The National Kidney Foundation of Hawai'i is in the process of adopting a Living Donor Paid Leave Policy allowing 30 days of paid leave for any of the organization's employees who donates a kidney or other life-saving organ or tissue. The local policy follows the same action by the nation affiliate.

"What we're trying to do overall is remove the barriers for transplantation," said Glen Hayashida, chief executive officer of the National Kidney Foundation of Hawai'i. "Not only do people have to take time off, but that's lost income. So if we can remove those barriers, that's an incentive."

St. Francis Medical Center, too, is in the final stages of adopting a similar policy, offering up to six weeks of paid medical leave for its 1,200 employees if they choose to donate life-saving organs.

"We're waiting for final approval from the corporate office, but we're sure it's going to happen," said Paul W. McFall, manager of the Transplant Institute of the Pacific at St. Francis. "It's an obvious thing to be able to provide to our employees."

St. Francis is the first Hawai'i hospital to move in this direction, but McFall said the hope is that other medical facilities and private companies will follow.

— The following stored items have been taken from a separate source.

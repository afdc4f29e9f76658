//! The rows of groups, which stand before all others in what a new store gets: one for each, with
//! its full name. What the row of a group has is changed here and in `specs/Preset`.

ghost use Rattle.std.specs.Prelude.{◌≡◌, ◌++◌, List, All, IfOk, IsSomeAnd, Some, codes, map};
ghost use Rattle.std.specs.List.{enumerate_from};
ghost use Rattle.toml.specs.View.{table_view, view};
ghost use Rattle.ob_load.specs.Access.{entries_of};
ghost use Rattle.ob_load.specs.Preset as spec;
ghost use Rattle.ob_module.specs.Modules.{Module, numbered};
ghost use Rattle.ob_load.specs.Rooms.{AreFitting, FitsAnywhere};
ghost use Rattle.ob_module.specs.Rooms.{modules_in};
ghost use Rattle.ob_schema.specs.declared.preset.PresetRow.{PresetRow as RowData};
ghost use Rattle.ob_schema.specs.Models.{HasModel, model_at, model_named};

use crate::scope::full_name;
use ob_base::limits::MAX_CHAR_BYTES;
use ob_base::{FieldNo, ModelNo, NoMemory, Sequence, Value, Word};
use ob_module::{Modules, listed_at, word_at};
use ob_schema::{FieldType, PresetRow, PresetValue, Schema};
use std::alloc::Global;
use toml::{Table, Value as Entry};

/// The rows of the groups of all modules; none where there is no model for them.
pub(crate) fn group_rows(
    alloc: Global,
    schema: &Schema,
    modules: &Modules,
    taken: &[usize],
) -> Result<Sequence<PresetRow>, NoMemory>
    requires { (all : List Module) × numbered (modules_in modules.now) taken.now all }
    ensures made { IfOk result (λ rows. (all : List Module) → numbered (modules_in modules.now) taken.now all → rows ≡ spec.group_rows schema.now all) }
    ensures fit { IfOk result (All (FitsAnywhere schema.now)) }
{
    match schema.model("res.groups") {
        Some(model) => rows_of(alloc, schema, model, modules, taken),
        None => Ok(Sequence::new(alloc)),
    }
}

/// The rows of the groups of all modules, of their model.
fn rows_of(
    alloc: Global,
    schema: &Schema,
    model: ModelNo,
    modules: &Modules,
    taken: &[usize],
) -> Result<Sequence<PresetRow>, NoMemory>
    requires all { (all : List Module) × numbered (modules_in modules.now) taken.now all }
    requires model { model_named schema.now (codes "res.groups") ≡ Some model }
    ensures made { IfOk result (λ rows. (all : List Module) → numbered (modules_in modules.now) taken.now all → rows ≡ spec.group_rows schema.now all) }
    ensures fit { IfOk result (All (FitsAnywhere schema.now)) }
{
    let mut rows = Sequence::new(alloc);
    for number in taken {
        let owner = modules.name(*number);
        let document = modules.document(*number);
        add_rows(alloc, schema, model, owner, document, &mut rows)?;
    }
    Ok(rows)
}

/// Adds the rows of the groups of a module.
fn add_rows(
    alloc: Global,
    schema: &Schema,
    model: ModelNo,
    owner: &str,
    document: &Table,
    rows: &mut Sequence<PresetRow>,
) -> Result<(), NoMemory>
    requires { HasModel schema.now model }
    ensures made { IfOk result (λ _. rows.new ≡ rows.old ++ map (λ p. spec.group_row schema.now model owner.now p.0 p.1) (enumerate_from 0 (entries_of (codes "group") (table_view document.now)))) }
    ensures fit { IfOk result (λ _. All (FitsAnywhere schema.now) rows.old → All (FitsAnywhere schema.now) rows.new) }
{
    let entries = listed_at(document, "group");
    for (number, entry) in entries.iter().enumerate() {
        rows.push(group_row(alloc, schema, model, owner, number, entry)?)?;
    }
    Ok(())
}

/// The row of the group of an entry.
fn group_row(
    alloc: Global,
    schema: &Schema,
    model: ModelNo,
    owner: &str,
    number: usize,
    entry: &Entry,
) -> Result<PresetRow, NoMemory>
    requires { HasModel schema.now model }
    ensures made { IfOk result (λ row. row ≡ spec.group_row schema.now model owner.now number (view entry.now)) }
    ensures fit { IfOk result (FitsAnywhere schema.now) }
{
    let name = full_name(alloc, owner, word_at(entry, "name"))?;
    let values = name_given(alloc, schema, model, name)?;
    Ok(PresetRow {
        module: Word::from_text(alloc, owner)?,
        place: Word::new(format!(in alloc; "group.{number}")?),
        model,
        values,
    })
}

/// What a full name gives to the field that has it.
fn name_given(
    alloc: Global,
    schema: &Schema,
    model: ModelNo,
    name: Word,
) -> Result<Sequence<(FieldNo, PresetValue)>, NoMemory>
    requires { HasModel schema.now model }
    ensures given { IfOk result (λ values. values ≡ spec.name_given schema.now model name) }
    ensures fit { IfOk result (λ values. (before : List RowData) → IsSomeAnd (model_at schema.now model) (λ info. AreFitting before info.fields values)) }
{
    let mut values = Sequence::new(alloc);
    if name.as_str().len() <= MAX_CHAR_BYTES {
        if let Some(field) = name_field(schema, model) {
            values.push((field, PresetValue::Plain(Value::Word(name))))?;
        }
    }
    Ok(values)
}

/// The field that has the name of a group, where it is a char.
fn name_field(schema: &Schema, model: ModelNo) -> Option<FieldNo>
    requires { HasModel schema.now model }
    ensures { result ≡ spec.name_field schema.now model }
{
    let field = schema.field(model, "name")?;
    match schema.info(model, field).field_type {
        FieldType::Char => Some(field),
        _ => None,
    }
}
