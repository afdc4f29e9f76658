//! Modules from their texts: which texts are read, in which order modules are taken, what
//! their tables declare, the registry of all their models, the policy of their groups, access
//! lines and rules, and the rows that a new store gets; or the first thing that stands against
//! them, with its module and its place.
//!
//! Rooms: `loading` (the one public call), `fault` (what it refuses, as it is printed),
//! `reading` (texts in the order of reading), `dependencies` (circles, and the order in which
//! modules are taken), `policy` (what all modules declare of access and bring as rows), `access`
//! (what one declares, entry by entry), `rows` and `values` (the rows that it brings, and what
//! these give to fields), `preset` (the rows of groups), `entry` and `scope` (what an entry names,
//! and where that is looked up). The form of a text and the models that it declares are read in
//! `ob_module`.
#![tactic(auto)]

mod access;
mod dependencies;
mod entry;
mod fault;
mod loading;
mod policy;
mod preset;
mod reading;
mod rows;
mod scope;
mod values;

pub use fault::{FaultyModule, LoadFault, ModuleFault};
pub use loading::{Loaded, load};
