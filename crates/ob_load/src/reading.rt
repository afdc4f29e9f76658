//! Module texts in the order of reading, each once.

ghost use Rattle.std.specs.Prelude.{◌≡◌, ◌≢◌, ◌≤◌, ℕ, List, Option, None, Some, Ok, Err, Result, IfOk, IfErr, IfSome, IsErrOf, [], false, length};
ghost use Rattle.ob_io.specs.Cause.{HasCause, Rose};
ghost use Rattle.toml.specs.View.{table_view};
ghost use Rattle.ob_module.specs.Modules.{Module, has_module, wanted};
ghost use Rattle.ob_load.specs.Reading.{ReadsTo, module_from, next_module, whole};
ghost use Rattle.ob_load.specs.Rooms.{AreReadWhole, Passes, Refuses, ToldAbsent};
ghost use Rattle.ob_module.specs.Rooms.{modules_in};
ghost use Rattle.ob_load.specs.Texts.{AgreesWith, FileTexts, file_name, text_in};
ghost use Rattle.ob_load.specs.declared.fault.FaultyModule.{FaultyModule};
ghost use Rattle.ob_load.specs.declared.fault.LoadFault.{LoadFault};

use crate::fault::{FaultyModule, LoadFault, ModuleFault};
use ob_base::limits::MAX_MODULES;
use ob_base::{NoMemory, Place, Sequence, Word};
use ob_io::{FileFault, Files};
use ob_module::inside::inside;
use ob_module::{Coming, Modules, wrong_document};
use std::alloc::Global;
use toml::Table;

/// Reads the modules that are loaded in any case, the named ones, and those on which they
/// depend.
pub(crate) fn read_modules<F: Files>(
    alloc: Global,
    files: &mut F,
    folder: &str,
    names: &[Word],
) -> Result<Modules, LoadFault>
    ensures read { IfOk result (λ modules. (texts : FileTexts) × AgreesWith (F.texts files.old) texts
        × ReadsTo (text_in texts folder.now) [] (wanted names.now) (Ok (modules_in modules))) }
    ensures fault { (faulty : FaultyModule) → IsErrOf result (LoadFault.Module faulty)
        → (texts : FileTexts) × AgreesWith (F.texts files.old) texts
        × ReadsTo (text_in texts folder.now) [] (wanted names.now) (Err faulty) }
    ensures whole { IfOk result (λ modules. AreReadWhole (modules_in modules) (wanted names.now)) }
    ensures few { IfOk result (λ modules. length (modules_in modules) ≤ 64) }
    ensures absent { IfErr result
        (ToldAbsent (F.texts files.old) (Rose (F.faults files.old) (F.faults files.new))) }
    ensures same { F.texts files.new ≡ F.texts files.old }
    ensures cause { HasCause (F.faults files.old) (F.faults files.new)
        (IsErrOf result LoadFault.File) }
{
    let mut modules = Modules::new(alloc);
    let mut coming = Coming::wanted(alloc, names)?;
    for _ in 0..MAX_MODULES {
        let Some(name) = next_unread(&modules, &mut coming) else {
            return Ok(modules);
        };
        let document = read_document(alloc, files, folder, name.as_str())?;
        coming.put_depends(alloc, &document)?;
        modules.push(name, document)?;
    }
    match next_unread(&modules, &mut coming) {
        None => Ok(modules),
        Some(name) => Err(refused(alloc, name.as_str(), ModuleFault::Limit)),
    }
}

/// The next name of a module that wasn't read, and the names behind it.
fn next_unread(modules: &Modules, coming: &mut Coming) -> Option<Word>
    ensures passes { Passes (modules_in modules.now) coming.old result coming.new }
    ensures unread { IfSome result (λ name. has_module (modules_in modules.now) name ≡ false) }
{
    while let Some(name) = coming.next() {
        if !modules.has(name.as_str()) {
            return Some(name);
        }
    }
    None
}

/// The document of a module, from its text.
fn read_document<F: Files>(
    alloc: Global,
    files: &mut F,
    folder: &str,
    name: &str,
) -> Result<Table, LoadFault>
    ensures read { IfOk result (λ table. (texts : FileTexts) × AgreesWith (F.texts files.old) texts
        × (next_module 0 name.now (text_in texts folder.now name.now)
        ≡ Ok (record { name = name.now; document = table_view table }))) }
    ensures fault { (faulty : FaultyModule) → IsErrOf result (LoadFault.Module faulty)
        → (texts : FileTexts) × AgreesWith (F.texts files.old) texts
        × (next_module 0 name.now (text_in texts folder.now name.now) ≡ Err faulty) }
    ensures absent { IfErr result
        (ToldAbsent (F.texts files.old) (Rose (F.faults files.old) (F.faults files.new))) }
    ensures same { F.texts files.new ≡ F.texts files.old }
    ensures cause { HasCause (F.faults files.old) (F.faults files.new)
        (IsErrOf result LoadFault.File) }
{
    match inside(name) {
        Some(text) => document_from(alloc, name, text.as_bytes()),
        None => {
            let bytes = read_file(alloc, files, folder, name)?;
            document_from(alloc, name, bytes.as_slice())
        }
    }
}

/// The bytes of the file of a module.
fn read_file<F: Files>(
    alloc: Global,
    files: &mut F,
    folder: &str,
    name: &str,
) -> Result<Sequence<u8>, LoadFault>
    ensures read { IfOk result (λ bytes. (length bytes ≤ 1048576)
        × IfSome (F.texts files.old) (λ texts. texts (file_name folder.now name.now) ≡ Some bytes)) }
    ensures fault { (faulty : FaultyModule) → IsErrOf result (LoadFault.Module faulty)
        → (texts : FileTexts) × AgreesWith (F.texts files.old) texts
        × (next_module 0 name.now (texts (file_name folder.now name.now)) ≡ Err faulty) }
    ensures absent { IfErr result
        (ToldAbsent (F.texts files.old) (Rose (F.faults files.old) (F.faults files.new))) }
    ensures same { F.texts files.new ≡ F.texts files.old }
    ensures cause { HasCause (F.faults files.old) (F.faults files.new)
        (IsErrOf result LoadFault.File) }
{
    let path = file_path(alloc, folder, name)?;
    match files.read_file(path.as_str()) {
        Ok(bytes) => Ok(bytes),
        Err(FileFault::Failed) => Err(LoadFault::File),
        Err(FileFault::Absent) => Err(refused(alloc, name, ModuleFault::Absent)),
        Err(FileFault::TooLong) => Err(refused(alloc, name, ModuleFault::TooLong)),
        Err(FileFault::NoMemory) => Err(LoadFault::NoMemory),
    }
}

/// The name of the file of a module.
fn file_path(alloc: Global, folder: &str, name: &str) -> Result<Word, NoMemory>
    ensures { IfOk result (λ path. path ≡ file_name folder.now name.now) }
{
    Ok(Word::new(format!(in alloc; "{folder}/{name}.toml")?))
}

/// The document of a module of this name, where the bytes are one.
fn document_from(alloc: Global, name: &str, bytes: &[u8]) -> Result<Table, LoadFault>
    requires { length bytes.now ≤ 1048576 }
    ensures read { IfOk result (λ table. module_from name.now bytes.now
        ≡ Ok (record { name = name.now; document = table_view table })) }
    ensures fault { (faulty : FaultyModule) → IsErrOf result (LoadFault.Module faulty) → module_from name.now bytes.now ≡ Err faulty }
    ensures not_absent { (faulty : FaultyModule) → IsErrOf result (LoadFault.Module faulty) → faulty.fault ≢ ModuleFault.Absent }
    ensures not_files { ¬ IsErrOf result LoadFault.File }
{
    let document = match toml::table_from_slice(alloc, bytes) {
        Ok(document) => document,
        Err(error) if error.is_memory() => return Err(LoadFault::NoMemory),
        Err(_) => return Err(refused(alloc, name, ModuleFault::Toml)),
    };
    match wrong_document(alloc, name, &document)? {
        None => Ok(document),
        Some(wrong) => Err(refused_at(alloc, name, wrong.into_place(alloc)?, ModuleFault::Form)),
    }
}

/// The refusal of a module's text as a whole.
pub(crate) fn refused(alloc: Global, name: &str, fault: ModuleFault) -> LoadFault
    ensures fault { Refuses (whole name.now fault) result }
    ensures not_files { result ≢ LoadFault.File }
{
    let mut place = Place::whole(alloc);
    match place.push_key(alloc, "text") {
        Ok(()) => refused_at(alloc, name, place, fault),
        Err(NoMemory) => LoadFault::NoMemory,
    }
}

/// The refusal of a module at a place of its text.
pub(crate) fn refused_at(alloc: Global, name: &str, place: Place, fault: ModuleFault) -> LoadFault
    ensures fault { Refuses (record { name = name.now; place = place; fault = fault }) result }
    ensures not_files { result ≢ LoadFault.File }
{
    match Word::from_text(alloc, name) {
        Ok(name) => LoadFault::Module(FaultyModule { name, place, fault }),
        Err(NoMemory) => LoadFault::NoMemory,
    }
}
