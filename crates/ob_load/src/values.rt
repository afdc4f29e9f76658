//! What the value of a preset row gives to a field of its model: a value as calls give it, or
//! rows that stand before it. A further kind of field is read here; what each takes stands in
//! `specs/Preset`, and where a value is wrong in `specs/RowFaults`.

ghost use Rattle.std.specs.Prelude.{◌≡◌, ◌+◌, IfOk, IfSome, Some, false, map, option_and_then, option_map, position};
ghost use Rattle.std.specs.Str.{bytes_eq};
ghost use Rattle.serde_json.specs.View.{view as json_view};
ghost use Rattle.toml.specs.Data.{get};
ghost use Rattle.toml.specs.View.{view};
ghost use Rattle.ob_definition.specs.Types.{is_relation};
ghost use Rattle.ob_module.specs.Forms as forms;
ghost use Rattle.ob_load.specs.Preset as spec;
ghost use Rattle.ob_load.specs.RowFaults as fits;
ghost use Rattle.ob_load.specs.Rooms.{IsPlainHeld};
ghost use Rattle.ob_schema.specs.Fields.{Holds};
ghost use Rattle.ob_schema.specs.Models.{field_at};

use crate::scope::Scope;
use ob_base::{FieldNo, ModelNo, NoMemory, Sequence, Value, Word};
use ob_codec::{CodecFault, Input, Json, from_json};
use ob_module::{Form, Keys, ListOf, Wrong, found, is_reference, str_at, unless};
use ob_schema::{FieldInfo, FieldType, PresetValue, Schema};
use std::alloc::Global;
use std::collections::BTreeSet;
use toml::{Table, Value as Toml};

/// Where a row stands: its module, and the rows that it may name.
#[derive(Clone, Copy)]
pub(crate) struct RowScope<'s> {
    pub(crate) scope: Scope<'s>,
    /// How many rows all groups have.
    pub(crate) first: usize,
    /// The rows behind these so far, by their full names, with their models.
    pub(crate) refs: &'s [(Word, ModelNo)],
}

impl RowScope<'_> {
    /// Where the value at a field of a model breaks the field's form first.
    fn wrong_value(
        &self,
        model: ModelNo,
        number: FieldNo,
        field: &FieldInfo,
        value: &Toml,
    ) -> Result<Option<Wrong>, NoMemory>
        requires { field_at self.now.scope.schema.now model number ≡ Some field.now }
        ensures { IfOk result (λ found. found ≡ fits.value_fits self.now.scope.schema.now self.now.scope.groups.now self.now.first self.now.refs.now field.now (view value.now)) }
    {
        if takes_rows(field) {
            let items = NamesRow { rows: *self, field };
            ListOf { items }.wrong(self.scope.alloc, value)
        } else {
            let fits = self.given(model, number, field, value)?.is_some();
            Ok(unless(self.scope.alloc, fits))
        }
    }

    /// What a table of values gives to a field of a model, under its name.
    pub(crate) fn value_in(
        &self,
        model: ModelNo,
        number: FieldNo,
        field: &FieldInfo,
        values: &Toml,
    ) -> Result<Option<PresetValue>, NoMemory>
        requires { field_at self.now.scope.schema.now model number ≡ Some field.now }
        ensures given { IfOk result (λ v. v ≡ option_and_then (spec.given self.now.scope.schema.now self.now.scope.groups.now self.now.first self.now.refs.now field.now) (get field.now.name (view values.now))) }
        ensures held { IfOk result (λ v. IfSome v (IsPlainHeld field.now)) }
    {
        match found(values, field.name.as_str()) {
            Some(value) => self.given(model, number, field, value),
            None => Ok(None),
        }
    }

    /// What a value gives to a field of a model, where it is of the field's form.
    fn given(
        &self,
        model: ModelNo,
        number: FieldNo,
        field: &FieldInfo,
        value: &Toml,
    ) -> Result<Option<PresetValue>, NoMemory>
        requires { field_at self.now.scope.schema.now model number ≡ Some field.now }
        ensures given { IfOk result (λ v. v ≡ spec.given self.now.scope.schema.now self.now.scope.groups.now self.now.first self.now.refs.now field.now (view value.now)) }
        ensures held { IfOk result (λ v. IfSome v (IsPlainHeld field.now)) }
    {
        match field.field_type {
            FieldType::Many2one => self.row_given(field, value),
            FieldType::Many2many => self.rows_given(field, value),
            FieldType::One2many => Ok(None),
            _ => self.plain_given(model, number, field, value),
        }
    }

    /// The value that a text, an integer or a flag gives to a field that is no relation.
    fn plain_given(
        &self,
        model: ModelNo,
        number: FieldNo,
        field: &FieldInfo,
        value: &Toml,
    ) -> Result<Option<PresetValue>, NoMemory>
        requires field { field_at self.now.scope.schema.now model number ≡ Some field.now }
        requires plain { is_relation field.now.field_type ≡ false }
        ensures given { IfOk result (λ v. v ≡ option_map PresetValue.Plain (spec.scalar field.now (view value.now))) }
        ensures held { IfOk result (λ v. IfSome v (IsPlainHeld field.now)) }
    {
        match scalar(
            self.scope.alloc,
            self.scope.schema,
            model,
            number,
            field,
            value,
        )? {
            Some(value) => Ok(Some(PresetValue::Plain(value))),
            None => Ok(None),
        }
    }

    /// The row that a reference gives to a many2one.
    fn row_given(&self, field: &FieldInfo, value: &Toml) -> Result<Option<PresetValue>, NoMemory>
        ensures given { IfOk result (λ v. v ≡ option_map PresetValue.Row (spec.reference self.now.scope.schema.now self.now.scope.groups.now self.now.first self.now.refs.now field.now (view value.now))) }
        ensures held { IfOk result (λ v. IfSome v (IsPlainHeld field.now)) }
    {
        match self.reference(field, value)? {
            Some(row) => Ok(Some(PresetValue::Row(row))),
            None => Ok(None),
        }
    }

    /// The rows that a list gives to a many2many that is no mirror.
    fn rows_given(&self, field: &FieldInfo, value: &Toml) -> Result<Option<PresetValue>, NoMemory>
        ensures given { IfOk result (λ v. v ≡ spec.rows_given self.now.scope.schema.now self.now.scope.groups.now self.now.first self.now.refs.now field.now (view value.now)) }
        ensures held { IfOk result (λ v. IfSome v (IsPlainHeld field.now)) }
    {
        let Toml::Array(items) = value else {
            return Ok(None);
        };
        if field.mirror.is_some() {
            return Ok(None);
        }
        let rows = self.references(field, items.as_slice())?;
        Ok(Some(PresetValue::Rows(listed(self.scope.alloc, &rows)?)))
    }

    /// The rows that references name, each once; what names none is passed over.
    fn references(&self, field: &FieldInfo, items: &[Toml]) -> Result<BTreeSet<u32>, NoMemory>
        ensures { IfOk result (λ rows. rows.keys ≡ spec.rising (spec.references self.now.scope.schema.now self.now.scope.groups.now self.now.first self.now.refs.now field.now (map view items.now))) }
    {
        let mut rows = BTreeSet::new(self.scope.alloc);
        for item in items {
            if let Some(row) = self.reference(field, item)? {
                rows.insert(row)?;
            }
        }
        Ok(rows)
    }

    /// The number of the row that a reference names, where the field leads to its model.
    fn reference(&self, field: &FieldInfo, value: &Toml) -> Result<Option<u32>, NoMemory>
        ensures { IfOk result (λ row. row ≡ spec.reference self.now.scope.schema.now self.now.scope.groups.now self.now.first self.now.refs.now field.now (view value.now)) }
    {
        if !is_reference(self.scope.alloc, value)? {
            return Ok(None);
        }
        match str_at(value, "ref") {
            Some(name) => Ok(self.target_named(field, name)),
            None => Ok(None),
        }
    }

    /// The number of the row of a name, where the field leads to its model.
    fn target_named(&self, field: &FieldInfo, name: &str) -> Option<u32>
        ensures { result ≡ option_and_then (spec.target_of field.now)
            (spec.row_named self.now.scope.schema.now self.now.scope.groups.now self.now.first self.now.refs.now name.now) }
    {
        let (row, model) = self.row_named(name)?;
        if is_to(field, model) { Some(row) } else { None }
    }

    /// The number and the model of the row of a name.
    fn row_named(&self, name: &str) -> Option<(u32, ModelNo)>
        ensures { result ≡ spec.row_named self.now.scope.schema.now self.now.scope.groups.now self.now.first self.now.refs.now name.now }
    {
        match ref_named(self.refs, name) {
            Some((place, model)) => in_32_bits(self.first, place, model),
            None => {
                let (place, model) = self.group_row_named(name)?;
                in_32_bits(0, place, model)
            }
        }
    }

    /// The number and the model of the row of a group.
    fn group_row_named(&self, name: &str) -> Option<(usize, ModelNo)>
        ensures { result ≡ spec.group_row_named self.now.scope.schema.now self.now.scope.groups.now name.now }
    {
        let model = self.scope.schema.model("res.groups")?;
        let place = place_of(self.scope.groups, name)?;
        Some((place, model))
    }
}

/// The row of a name among these, with its place.
fn ref_named(refs: &[(Word, ModelNo)], name: &str) -> Option<(usize, ModelNo)>
    ensures { result ≡ spec.ref_named refs.now name.now }
{
    let place = refs.iter().position(|own| own.0.as_str() == name)?;
    Some((place, refs[place].1))
}

/// A row behind so many, where its number has 32 bits.
fn in_32_bits(first: usize, place: usize, model: ModelNo) -> Option<(u32, ModelNo)>
    ensures { result ≡ spec.in_32_bits (first + place, model) }
{
    let number = first.checked_add(place)?;
    if number <= u32::MAX as usize {
        Some((number as u32, model))
    } else {
        None
    }
}

/// Whether a field leads to rows of a model.
fn is_to(field: &FieldInfo, model: ModelNo) -> bool
    ensures { result ≡ spec.is_to field.now model }
{
    match field.relation {
        Some(own) => own.0 == model.0,
        None => false,
    }
}

/// Whether a list of rows is given to a field.
fn takes_rows(field: &FieldInfo) -> bool
    ensures { result ≡ fits.takes_rows field.now }
{
    field.field_type.is_many2many() && field.mirror.is_none()
}

/// Numbers that rise, as a list.
fn listed(alloc: Global, rows: &BTreeSet<u32>) -> Result<Sequence<u32>, NoMemory>
    ensures { IfOk result (λ list. list ≡ rows.now.keys) }
{
    let mut list = Sequence::new(alloc);
    for row in rows {
        list.push(*row)?;
    }
    Ok(list)
}

/// The value that a text, an integer or a flag is of a field that is no relation.
fn scalar(
    alloc: Global,
    schema: &Schema,
    model: ModelNo,
    number: FieldNo,
    field: &FieldInfo,
    value: &Toml,
) -> Result<Option<Value>, NoMemory>
    requires field { field_at schema.now model number ≡ Some field.now }
    requires plain { is_relation field.now.field_type ≡ false }
    ensures given { IfOk result (λ v. v ≡ spec.scalar field.now (view value.now)) }
    ensures held { IfOk result (λ v. IfSome v (Holds field.now)) }
{
    let Some(json) = json_of(alloc, value)? else {
        return Ok(None);
    };
    match from_json(alloc, schema, model, number, &json) {
        Ok(Input::Plain(value)) => Ok(Some(value)),
        Ok(Input::Commands(_)) => Ok(None),
        Err(CodecFault::NoMemory) => Err(NoMemory),
        Err(_) => Ok(None),
    }
}

/// The JSON of a text, an integer or a flag.
fn json_of(alloc: Global, value: &Toml) -> Result<Option<Json>, NoMemory>
    ensures { IfOk result (λ json. option_map json_view json ≡ spec.json_of (view value.now)) }
{
    match value {
        Toml::String(text) => Ok(Some(Json::try_from_str(alloc, text.as_str())?)),
        Toml::Integer(number) => Ok(Some(Json::from(*number))),
        Toml::Boolean(flag) => Ok(Some(Json::Bool(*flag))),
        _ => Ok(None),
    }
}

/// The field of a name of a model, with its number; conditions are no fields.
fn field_of<'s>(schema: &'s Schema, model: ModelNo, name: &str) -> Option<(FieldNo, &'s FieldInfo)>
    ensures found { option_map (λ p. p.1.now) result ≡ spec.field_of schema.now model name.now }
    ensures at { IfSome result (λ p. field_at schema.now model p.0 ≡ Some p.1.now) }
{
    schema.find_model(model)?;
    let number = schema.field(model, name)?;
    Some((number, schema.info(model, number)))
}

/// The place of a name among these.
fn place_of(names: &[Word], name: &str) -> Option<usize>
    ensures { result ≡ position (λ own. bytes_eq own name.now) names.now }
{
    names.iter().position(|own| own.as_str() == name)
}

/// A reference to a row to which a field leads.
#[derive(Clone, Copy)]
struct NamesRow<'r> {
    rows: RowScope<'r>,
    field: &'r FieldInfo,
}

impl Form for NamesRow<'_> {
    ghost wrong = { λ n. fits.names_row n.rows.scope.schema.now n.rows.scope.groups.now n.rows.first n.rows.refs.now n.field.now };

    fn wrong(&self, alloc: Global, value: &Toml) -> Result<Option<Wrong>, NoMemory> {
        let fits = self.rows.reference(self.field, value)?.is_some();
        Ok(unless(alloc, fits))
    }
}

/// The values of a row of a model, under the names of its fields.
#[derive(Clone, Copy)]
pub(crate) struct RowValues<'r> {
    pub(crate) rows: RowScope<'r>,
    pub(crate) model: ModelNo,
}

impl Keys for RowValues<'_> {
    ghost keys = { λ v. fits.value_keys v.rows.scope.schema.now v.rows.scope.groups.now v.rows.first v.rows.refs.now v.model };

    ghost missing = { λ _. forms.no_key };

    fn wrong(&self, alloc: Global, key: &str, value: &Toml) -> Result<Option<Wrong>, NoMemory> {
        match field_of(self.rows.scope.schema, self.model, key) {
            Some((number, field)) => self.rows.wrong_value(self.model, number, field, value),
            None => Ok(Some(Wrong::here(alloc))),
        }
    }

    fn missing(&self, _table: &Table) -> Option<&'static str> {
        None
    }
}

"As we emphasize this, we'll see more and more people come forward to do this, especially if they see it's not going to be a financial burden to do so," he said. "If we're able to eliminate that factor, it's logical to assume there will be an increase in donations. It encourages people to look into that."

In the Legislature, Sen. Avery Chumbley, D-6th (E. Maui, N. Kaua'i) proposed a bill to allow paid leave for bone marrow donors. It died, and Chumbley says it might be a better idea to start by passing legislation for government workers before moving to the private sector. But first, he admits, "we need to build a groundswell of support from the community at large."

Presently kidney and bone marrow transplants are performed in Hawai'i from living donors and through the after-death organ donor program. But in other transplant centers, resections of livers, lungs and even pancreases are also being donated and transplanted, said Limm. Hawai'i is not yet doing those procedures because they require a larger staff of transplant surgeons.